Roughly halfway through the Rivet Joint’s nine-hour flight, the UK aircraft adopted another deception tactic when they disappeared from civilian radars at a point some 150 kilometers southeast of Crimea. The most common reasons for such disappearances are increased distance from ground radars or a decision to switch off the aircraft’s transponder.
It was nearly 90 minutes later before the RC-135 reappeared on civilian radar when it was more than 120 kilometers north of the position from where it vanished. It seems likely that the spy plane and its escorts, flew parallel to the entire length of Crimea’s west coast, the site of some of Russia’s most sensitive air defense installations.

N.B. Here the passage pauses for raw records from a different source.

//! What crates above name of crates that they don't list.

pub use job_runner::{Job, Jobs};
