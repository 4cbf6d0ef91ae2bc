//! Writes of the worker, as one call.

ghost use Rattle.std.specs.Prelude.{◌≡◌, IsSome};
ghost use Rattle.graph_model.specs.AccountSteps.{WritesBy};
ghost use Rattle.graph_model.specs.Refused.{IsWithinLimits};
ghost use Rattle.worker_calls.specs.Ready.{HasSeenLegal};
ghost use Rattle.worker_calls.specs.SharedStore.Passes.{account_of};

use crate::worker::{Home, Worker};
use graph_model::{Refusal, Write};
use std::sync::Wait;
use worker_calls::calls;

impl<'a, R: Wait, H: Home> Worker<'a, R, H> {
    /// Makes a write of the open transaction, or says why it isn't made.
    pub(crate) fn make_write(&mut self, write: Write) -> Result<(), Refusal>
        requires current { IsSome (account_of self.old.store.now self.old.pass).start }
        requires within { IsWithinLimits write }
        ensures writes { WritesBy (account_of self.old.store.now self.old.pass) write result
            (account_of self.new.store.now self.new.pass) }
        ensures legal { HasSeenLegal (account_of self.new.store.now self.new.pass) }
        ensures served { self.new.served ≡ self.old.served }
    {
        calls::write(self.rt, self.store, &mut self.pass, &mut self.room, write)
    }
}
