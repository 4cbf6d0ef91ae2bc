//! Scripts on several threads: each on an engine of its own, with the service beside them.
//!
//! 1. The scripts are cut, in their order, into as many blocks as there are workers.
//! 2. What a script's turns do is said by the account of its pass. So it holds of whatever engine has such an account,
//!    and of scripts that run side by side in whatever order.
//! 3. Where a script wants memory its transaction is taken back, and the others go on.
#![tactic(auto)]

pub mod below;
mod driver;
mod laws;
mod over;

pub use driver::run_threads;
pub use laws::{new_scripts_run, parts_are_cut_alike, turns_by_account_run_scripts};
pub use over::JobsOver;
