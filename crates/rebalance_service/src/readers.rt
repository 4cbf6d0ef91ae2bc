//! What a worker reads by that has readers.
//!
//! 1. The readers work in threads, which share the worker's handle. A method of a trait has no evidence of the bounds of
//!    its impl, so that threads may share the handle is kept as a fact beside it.

ghost use Rattle.std.specs.Prelude.{◌≡◌, ◌<◌, ◌≤◌, Some, IfOk, length};
ghost use Rattle.graph_model.specs.Rows.{all_rows};
ghost use Rattle.part_scan.specs.Parts.{rows_in};
ghost use Rattle.worker_calls.specs.SharedStore.Passes.{IsOpen, KeepsOpen, view_in};

use crate::idle_passes::IdlePasses;
use crate::worker::Home;
use graph_model::NoMemory;
use part_scan::RowLists;
use std::sync::{Mutex, Wait};
use std::thread::Threads;
use worker_calls::below::{Pass, Store};

/// A type of which a value can keep the fact that threads may share it. Each type is one.
pub trait SharedHandle {
    /// That threads may share it.
    ghost is_shared: { Type 0 };
}

impl<R> SharedHandle for R {
    // By what it shows to each thread, and not by `IsSync`: that would name the whole type, and two names of one type
    // wouldn't be found equal.
    ghost use denote.Param.Send.{SyncAt};

    ghost is_shared = { (handle : R) → SyncAt R.row handle };
}

/// The passes that the workers of a store share, with a handle that threads may share.
#[derive(Drop)]
pub struct Readers<'a, R: Wait + SharedHandle, H: Home> {
    rt: &'a R,
    /// What lies under the lock is seen by no clause of an engine. It says so itself: its passes are of the store, have
    /// no transaction and have made nothing. It costs a scan one lock, and others wait meanwhile who scan by parts too.
    pool: &'a Mutex<IdlePasses<H>>,
    ghost shared: { ∥ R.is_shared ∥₁ },
}

impl<'a, R: Threads + Wait + Sync, H: Home> Readers<'a, R, H> {
    pub(crate) fn new(rt: &'a R, pool: &'a Mutex<IdlePasses<H>>) -> Readers<'a, R, H> {
        Readers { rt, pool }
    }

    /// Reads all rows that the open transaction of a pass sees, into so many lists at most. May wait.
    pub(crate) fn read(
        &self,
        store: &Store,
        pass: &mut Pass,
        most: u32,
    ) -> Result<RowLists, NoMemory>
        requires home { H.home ≡ Some store.now }
        requires opened { IsOpen store.now pass.old }
        requires some { 0 < most }
        ensures kept { KeepsOpen store.now pass.old pass.new }
        ensures few { IfOk result (λ lists. length lists ≤ most) }
        ensures rows { IfOk result (λ lists. rows_in lists ≡ all_rows (view_in store.now pass.old)) }
    {
        self.pool.lock(self.rt).read(self.rt, store, pass, most)
    }
}
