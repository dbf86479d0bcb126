// Laws of the words that start, the lock, the working value, prepare and save write: they are what the rules' steps pack to.
// There is no code here: the statements and their proofs stand in specs/.
#![tactic(auto)]
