//! Captures that only the top call shows whole: odd frames, and the four ways in which a capture begins.
use crate::fixture::{COUNT, FILE_HEADER, FRAME, assert_ended, push_record, run};
use std::alloc::{AllocError, Global};
use std::test::Fail;

// A UDP frame behind these tags, with these flags and fragment offset, from port 10 to port 20.
fn frame_of(alloc: Global, tags: &[u8], fragment: u16) -> Result<Vec<u8>, AllocError> {
    let mut frame = Vec::from_slice(alloc, &FRAME[..12])?;
    frame.extend_from_slice(tags)?;
    frame.extend_from_slice(&FRAME[12..20])?;
    frame.extend_from_slice(&fragment.to_be_bytes())?;
    frame.extend_from_slice(&FRAME[22..])?;
    Ok(frame)
}

// A number in four bytes, in a file's order.
fn word_in(is_big: bool, number: u32) -> [u8; 4] {
    if is_big {
        number.to_be_bytes()
    } else {
        number.to_le_bytes()
    }
}

// A capture that begins with this magic, with its numbers in this order, of one packet at second 1.
fn capture_in(alloc: Global, is_big: bool, magic: u32) -> Result<Vec<u8>, AllocError> {
    let version = if is_big { [0, 2, 0, 4] } else { [2, 0, 4, 0] };
    let mut capture = Vec::from_slice(alloc, &word_in(is_big, magic))?;
    capture.extend_from_slice(&version)?;
    capture.extend_from_slice(&[0; 12])?;
    for number in [1, 1, 0, 42, 42] {
        capture.extend_from_slice(&word_in(is_big, number))?;
    }
    capture.extend_from_slice(&FRAME)?;
    Ok(capture)
}

// A capture of one packet, with its numbers in either order and fractions of either unit.
#[test]
fn four_beginnings(rt: HostRuntime) -> Result<(), Fail> {
    let alloc = rt.alloc();
    for (is_big, magic) in [
        (false, 0xa1b2_c3d4),
        (false, 0xa1b2_3c4d),
        (true, 0xa1b2_c3d4),
        (true, 0xa1b2_3c4d),
    ] {
        let capture = capture_in(alloc, is_big, magic)?;
        assert_eq!(rt; capture.len(), 82);
        let ended = run(&rt, alloc, COUNT.as_bytes(), &capture)?;
        let at = format!(in alloc; "{magic} {is_big}")?;
        assert_ended(&rt, &ended, 0, "pkt 0 sport=10 n=1\nreg c=1\ndone 1\n", &at);
    }
    Ok(())
}

// Other bytes stand from a place on.
fn put(bytes: &mut [u8], place: usize, new: &[u8]) {
    for (old, new) in bytes.iter_mut().skip(place).zip(new) {
        *old = *new;
    }
}

// An ARP frame; a frame behind two tags, from port 5 to port 6; a later fragment; and a frame of 60 bytes, of which
// 20 are captured. The type of service is 16 in all IPv4 frames.
#[test]
fn odd_frames(rt: HostRuntime) -> Result<(), Fail> {
    let alloc = rt.alloc();
    let program =
        "struct P { int sport; int dport; int proto; int ttl; int tos; int len; }; void f(struct P p) { }";
    let mut arp = FRAME;
    put(&mut arp, 12, &[8, 6]);
    let mut tagged = frame_of(alloc, &[0x88, 0xa8, 0, 1, 0x81, 0, 0, 2], 0)?;
    put(&mut tagged, 23, &[16]);
    put(&mut tagged, 42, &[0, 5, 0, 6]);
    let mut fragment = frame_of(alloc, &[], 185)?;
    put(&mut fragment, 15, &[16]);
    let mut capture = Vec::from_slice(alloc, &FILE_HEADER)?;
    push_record(&mut capture, &arp)?;
    push_record(&mut capture, &tagged)?;
    push_record(&mut capture, &fragment)?;
    capture.extend_from_slice(&[1, 0, 0, 0, 0, 0, 0, 0, 20, 0, 0, 0, 60, 0, 0, 0])?;
    capture.extend_from_slice(&FRAME[..14])?;
    capture.extend_from_slice(&[0x45, 16, 0, 46, 0, 0])?;
    let want = "pkt 0 sport=0 dport=0 proto=0 ttl=0 tos=0 len=42
pkt 1 sport=5 dport=6 proto=17 ttl=64 tos=16 len=50
pkt 2 sport=0 dport=0 proto=17 ttl=64 tos=16 len=42
pkt 3 sport=0 dport=0 proto=0 ttl=0 tos=16 len=60
done 4
";
    let ended = run(&rt, alloc, program.as_bytes(), &capture)?;
    assert_ended(&rt, &ended, 0, want, "odd frames");
    Ok(())
}
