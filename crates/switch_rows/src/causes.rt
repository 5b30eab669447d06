//! How calls end: words that aren't taken, and reads and writes that fail.
use crate::fixture::{
    COUNT, COUNTED, FILE_HEADER, PLANNED, assert_ended, assert_refused, call, file, packets, sink,
    store_of, text_of, words_of,
};
use std::alloc::{AllocError, Global};
use std::sync::Wait;
use std::test::Fail;
use std::thread;
use switch_runner::{
    MemoryStore, OpenGate, ProgramFault, Status, SureSink, SureStore, Threads, switch_top,
};

// A store of `COUNT` as `p` and three packets as `c`.
fn counting(alloc: Global, fails: &[u64]) -> Result<MemoryStore, AllocError> {
    let capture = packets(alloc, &[10, 20, 30])?;
    store_of(alloc, COUNT.as_bytes(), &capture, 64, fails)
}

// The first read of a listed name fails, so that words after which one is read end as a read fault.
#[test]
fn words(rt: HostRuntime) -> Result<(), Fail> {
    let alloc = rt.alloc();
    for (code, lines) in [
        (
            2,
            "|mp5|mp5 one|mp5 one p|mp5 one p c |mp5 one p c d|one p c|mp5 p c|mp5 p one c|mp5 one p c --trace=1",
        ),
        (
            2,
            "mp5 two p c|mp5 One p c|mp5 ONE p c|mp5 on p c|mp5 ones p c|mp5 PLAN p c|mp5  p c|mp5 -one p c|mp5 runs p c|one mp5 p c",
        ),
        (
            2,
            "mp5 one -p c|mp5 one -- c|mp5 one --brief c|mp5 one p -c|mp5 one -p -c|mp5 one p c -- d|mp5 -V|mp5 one --version p c",
        ),
        (
            2,
            "mp5 one p gen:1|mp5 one p gen:|mp5 one p gen:x|mp5 one -p gen:x|mp5 one p -- gen:01:1|mp5 plan p gen:262145:1",
        ),
        (
            5,
            "mp5 one p c|mp5 plan p c|-x one p c| one p c|mp5 one c p|mp5 one p p|mp5 one p q|mp5 one p gen|mp5 one p Gen:1:1|mp5 one p |mp5 one p -|mp5 -- one p c|mp5 one p gen:1:1|mp5 run p c --trace --brief",
        ),
    ] {
        for line in lines.split('|') {
            let mut store = counting(alloc, &[1])?;
            let (out, err) = (sink(alloc, 99, &[])?, sink(alloc, 99, &[])?);
            let ended = call(&rt, alloc, line, &mut store, out, err)?;
            assert_ended(&rt, &ended, code, "", line);
        }
    }
    for line in "mp5 one p c|-x one p c|gen:1 one p c| one p c".split('|') {
        let mut store = counting(alloc, &[])?;
        let (taken, err) = (sink(alloc, 99, &[])?, sink(alloc, 99, &[])?);
        let ended = call(&rt, alloc, line, &mut store, taken, err)?;
        assert_ended(&rt, &ended, 0, COUNTED, line);
    }
    // A program that isn't listed is empty, so no read of a capture follows. The first byte of the capture
    // begins no token. The program as a capture begins with `stru`; a capture that isn't listed is empty.
    let rows: [(&[u64], u8, &str, &str); 4] = [
        (
            &[1],
            3,
            "3 0",
            "mp5 one q c|mp5 one gen:x c|mp5 one q p|mp5 one q q|mp5 one  c|mp5 one p- c|mp5 one _p c|mp5 one P c|mp5 one - c",
        ),
        (&[], 3, "2 0", "mp5 one c c|mp5 one c p"),
        (&[], 4, "4 73747275", "mp5 one p p"),
        (
            &[],
            4,
            "2 0",
            "mp5 one p q|mp5 one p gen|mp5 one p Gen:1:1|mp5 one p xgen:1|mp5 one p |mp5 one p c-",
        ),
    ];
    for (fails, code, refusal, lines) in rows {
        for line in lines.split('|') {
            let mut store = counting(alloc, fails)?;
            let (taken, err) = (sink(alloc, 99, &[])?, sink(alloc, 99, &[])?);
            let ended = call(&rt, alloc, line, &mut store, taken, err)?;
            assert_refused(&rt, alloc, &ended, code, refusal, line)?;
        }
    }
    Ok(())
}

// Help is told on the errors' sink, and nothing is read or written.
#[test]
fn calls_for_help(rt: HostRuntime) -> Result<(), Fail> {
    let alloc = rt.alloc();
    for line in [
        "mp5 --help",
        "mp5 -h",
        "mp5 --help p c",
        "mp5 one p --help",
        "mp5 one p c -h",
        "mp5 fly p c --help",
    ] {
        let mut store = counting(alloc, &[1])?;
        let (out, err) = (sink(alloc, 99, &[])?, sink(alloc, 99, &[])?);
        let ended = call(&rt, alloc, line, &mut store, out, err)?;
        assert_eq!(rt; ended.status.code(), 1, "at {line}");
        assert_eq!(rt; text_of(&ended.out), "", "at {line}");
        assert!(rt; text_of(&ended.err).starts_with("Runs a packet transaction over"));
    }
    Ok(())
}

// There are no other modes, and no numbers out of their range.
#[test]
fn other_modes(rt: HostRuntime) -> Result<(), Fail> {
    let alloc = rt.alloc();
    for line in [
        "mp5 run p",
        "mp5 fly p c",
        "mp5 run p c --pipelines 9",
        "mp5 run p gen:300000:1",
    ] {
        let mut store = counting(alloc, &[1])?;
        let (out, err) = (sink(alloc, 99, &[])?, sink(alloc, 99, &[])?);
        let ended = call(&rt, alloc, line, &mut store, out, err)?;
        assert_ended(&rt, &ended, 2, "", line);
    }
    Ok(())
}

// Each read fails in turn. Both files are read, so at least the first two reads are reached.
#[test]
fn reads_that_fail(rt: HostRuntime) -> Result<(), Fail> {
    let alloc = rt.alloc();
    let mut reached = 0;
    for failing in 1..40u64 {
        let mut store = counting(alloc, &[failing])?;
        let (out, err) = (sink(alloc, 99, &[])?, sink(alloc, 99, &[])?);
        let ended = call(&rt, alloc, "mp5 one p c", &mut store, out, err)?;
        let at = format!(in alloc; "read {failing}")?;
        if matches!(ended.status, Status::ReadFault) {
            assert_eq!(rt; reached, failing - 1);
            reached = failing;
            assert_ended(&rt, &ended, 5, "", &at);
        } else {
            assert_ended(&rt, &ended, 0, COUNTED, &at);
        }
    }
    assert!(rt; 1 < reached && reached < 39);
    Ok(())
}

// The 72 bytes take nine writes of eight bytes; each fails in turn.
#[test]
fn writes_that_fail(rt: HostRuntime) -> Result<(), Fail> {
    let alloc = rt.alloc();
    for failing in 1..13u64 {
        let mut store = counting(alloc, &[])?;
        let (out, err) = (sink(alloc, 8, &[failing])?, sink(alloc, 4, &[])?);
        let ended = call(&rt, alloc, "mp5 one p c", &mut store, out, err)?;
        let written = COUNTED.get(..8 * (failing as usize - 1)).unwrap_or(COUNTED);
        let code = if failing < 10 { 6 } else { 0 };
        let at = format!(in alloc; "write {failing}")?;
        assert_ended(&rt, &ended, code, written, &at);
    }
    // A fault of the errors' sink changes no status.
    for (line, fails, code, out, err) in [
        ("mp5", [1u64], 2, "", ""),
        ("mp5", [2], 2, "", "mp5:"),
        ("mp5 one q c", [1], 3, "", ""),
        ("mp5 one p q", [3], 4, "", "mp5: cap"),
        ("mp5 one p q", [5], 4, "", "mp5: capture 2 "),
        ("mp5 one p q", [6], 4, "", "mp5: capture 2 0"),
        ("mp5 one p q", [7], 4, "", "mp5: capture 2 0\n"),
        ("mp5 one p c", [1], 0, COUNTED, ""),
    ] {
        let mut store = counting(alloc, &[])?;
        let (taken, told) = (sink(alloc, 1, &[])?, sink(alloc, 4, &fails)?);
        let ended = call(&rt, alloc, line, &mut store, taken, told)?;
        assert_eq!(rt; ended.status.code(), code, "at {line}");
        assert_eq!(rt; text_of(&ended.out), out, "at {line}");
        assert_eq!(rt; text_of(&ended.err), err, "at {line}");
    }
    Ok(())
}

// Stores and sinks that move one byte at a time.
#[test]
fn one_byte_at_a_time(rt: HostRuntime) -> Result<(), Fail> {
    let alloc = rt.alloc();
    let capture = packets(alloc, &[10, 20, 30])?;
    for (line, printed) in [
        ("mp5 one p c", COUNTED),
        ("mp5 plan p c", PLANNED),
        ("mp5 serial p c", COUNTED),
        ("mp5 run p c", COUNTED),
    ] {
        let mut store = store_of(alloc, COUNT.as_bytes(), &capture, 1, &[])?;
        let (out, err) = (sink(alloc, 1, &[])?, sink(alloc, 1, &[])?);
        let ended = call(&rt, alloc, line, &mut store, out, err)?;
        assert_ended(&rt, &ended, 0, printed, line);
    }
    Ok(())
}

// How a call ends on a store of a program `gen:p` and an empty capture `c` that never fails.
fn sure_code<R: thread::Threads + Wait + Sync>(
    rt: &R,
    alloc: Global,
    line: &str,
) -> Result<u8, AllocError> {
    let program = file(alloc, "gen:p", COUNT.as_bytes())?;
    let files = vec![in alloc; program, file(alloc, "c", &FILE_HEADER)?]?;
    let mut store = SureStore::new(files);
    let (mut out, mut err) = (SureSink::new(), SureSink::new());
    let words = words_of(alloc, line)?;
    let status = switch_top(
        rt,
        alloc,
        &words,
        &mut store,
        &mut out,
        &mut err,
        &mut Threads::new(&OpenGate),
    );
    Ok(status.code())
}

// A program's name may begin with `gen:`, and a capture's may not.
#[test]
fn names_that_begin_with_gen(rt: HostRuntime) -> Result<(), Fail> {
    let alloc = rt.alloc();
    assert_eq!(rt; sure_code(&rt, alloc, "mp5 one gen:p c")?, 0);
    assert_eq!(rt; sure_code(&rt, alloc, "mp5 one p c")?, 3);
    assert_eq!(rt; sure_code(&rt, alloc, "mp5 one gen:p q")?, 4);
    assert_eq!(rt; sure_code(&rt, alloc, "mp5 one gen:p gen:p")?, 2);
    Ok(())
}

#[test]
fn codes(rt: HostRuntime) {
    for (status, code) in [
        (Status::Done, 0),
        (Status::Help, 1),
        (Status::Words, 2),
        (Status::Program(ProgramFault::NoMemory), 3),
        (Status::ReadFault, 5),
        (Status::WriteFault, 6),
        (Status::NoMemory, 7),
    ] {
        assert_eq!(rt; status.code(), code);
    }
}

After reappearing on radar, the three British planes turned west and headed for home. The Typhoons dropped off radar again near Constanta at 13:30 UTC and 30 minutes later the Rivet Joint cleared Romanian air space en route to Britain. By 14:15 the US Navy Poseidon was over Bulgaria heading towards Sicily, and the three Romanian helicopters had disappeared as well.
In his assessment of the operation, Fighterbomber repeated the common Russian complaint that the Kremlin needs to do something about NATO reconnaissance flights near Crimea. He claimed that targeting data collected by NATO spy planes is turned over to Kyiv, meaning every time an RC-135 or another surveillance aircraft flies a sortie near Crimea, within 24-72 hours Ukrainian long-range missiles or drones pound Russian anti-aircraft missile batteries or radar somewhere in the peninsula.
“[A British plane] chock-full of reconnaissance equipment, accompanied by a pair of fighters. The whole world sees this. The whole f*cking planet can see it online,” the former Russian military pilot said. “It flies to reconnoiter targets that will be struck tomorrow, well, at most, the day after tomorrow… Everyone knows why they’re [the RC-135 and Typhoons]) are up there and what will come next.”